[Records excerpted from a collection]
== Segment start ==

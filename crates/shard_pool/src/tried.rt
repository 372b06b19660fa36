//! A call that makes room where it lacks some, once, and is made again.
ghost use Rattle.std.specs.Prelude.{◌≡◌};
ghost use Rattle.shard_pool.specs.Lent.{is_step, counted, CalledFrom, MadeFrom};
ghost use Rattle.shard_pool.specs.Lines.{IsOfShard};

use crate::lane::Lane;
use crate::lent::lent_call;
use crate::locked::Locked;
use crate::part::Part;
use crate::reply::{PoolFault, Reply};
use std::alloc::Global;
use tracker_shard::{Call, SeatCall, ShardFault};

/// An answer, and whether the journal was begun again for it: receipts from before have no entry then, and each subscriber
/// is owed its topic's state.
#[derive(Drop)]
pub struct Tried<T> {
    pub answer: T,
    pub has_begun_again: bool,
}

impl<T: Drop> Tried<T> {
    ghost use Rattle.std.specs.Prelude.{◌≡◌};

    /// The answer alone.
    pub fn into_answer(self) -> T
        ensures { result ≡ self.answer }
    {
        let Tried {
            answer,
            has_begun_again: _,
        } = self;
        answer
    }
}

/// A call of a seat with the guard lent. Where it finds the journal full, or no memory that the journal may give back, the
/// journal is begun again once, and the call made again there.
#[tactic(auto, using(crate::proofs::Tries::called))]
pub fn lent_tried<L: Lane, C: SeatCall>(
    alloc: Global,
    locked: &mut Locked<L>,
    part: &mut Part<L>,
    call: &C,
) -> Tried<Result<Reply<C::Answer>, PoolFault>>
    ensures called { CalledFrom (IsOfShard L.node L.begins) (C.there call.now) locked.old.shard locked.new.shard
        part.old part.new (C.step call.now) (C.gives call.now) result.answer }
    ensures total { locked.new.calls.total ≡ counted locked.old.calls.total (is_step result.answer) }
{
    let _journal = locked.journal();
    let answer = lent_call(alloc, locked, part, call);
    if !locked.makes_room(alloc, &answer) {
        return Tried {
            answer,
            has_begun_again: false,
        };
    }
    let _begun = locked.journal();
    let answer = lent_call(alloc, locked, part, call);
    Tried {
        answer,
        has_begun_again: true,
    }
}

/// The same of a call without a seat.
#[tactic(auto, using(crate::proofs::Tries::made))]
pub fn make_tried<L: Lane, C: Call>(
    alloc: Global,
    locked: &mut Locked<L>,
    call: &C,
) -> Tried<Result<C::Answer, ShardFault>>
    ensures made { MadeFrom (IsOfShard L.node L.begins) (C.there call.now) locked.old.shard locked.new.shard
        (C.step call.now) (C.gives call.now) result.answer }
    ensures total { locked.new.calls.total ≡ locked.old.calls.total }
{
    let _journal = locked.journal();
    let answer = locked.make(alloc, call);
    if !locked.makes_room(alloc, &answer) {
        return Tried {
            answer,
            has_begun_again: false,
        };
    }
    let _begun = locked.journal();
    let answer = locked.make(alloc, call);
    Tried {
        answer,
        has_begun_again: true,
    }
}
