//! What a pool's ledgers are opened from.
ghost use Rattle.shard_pool.specs.Blanks.{HaveParts};

use std::sync::ledger::Blank;

/// A ledger for each shard that there can be, which none has opened.
pub struct Blanks {
    pub first: Blank,
    pub second: Blank,
    pub third: Blank,
    pub fourth: Blank,
}

impl Blanks {
    /// Ledgers of so many parts.
    pub fn new(parts: u64) -> Blanks
        ensures { HaveParts result parts }
    {
        Blanks {
            first: Blank::new(parts),
            second: Blank::new(parts),
            third: Blank::new(parts),
            fourth: Blank::new(parts),
        }
    }
}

== Segment end ==

= Action item =
In the records, count every line that includes "tactic" and give the count alone.

= Finished task =
2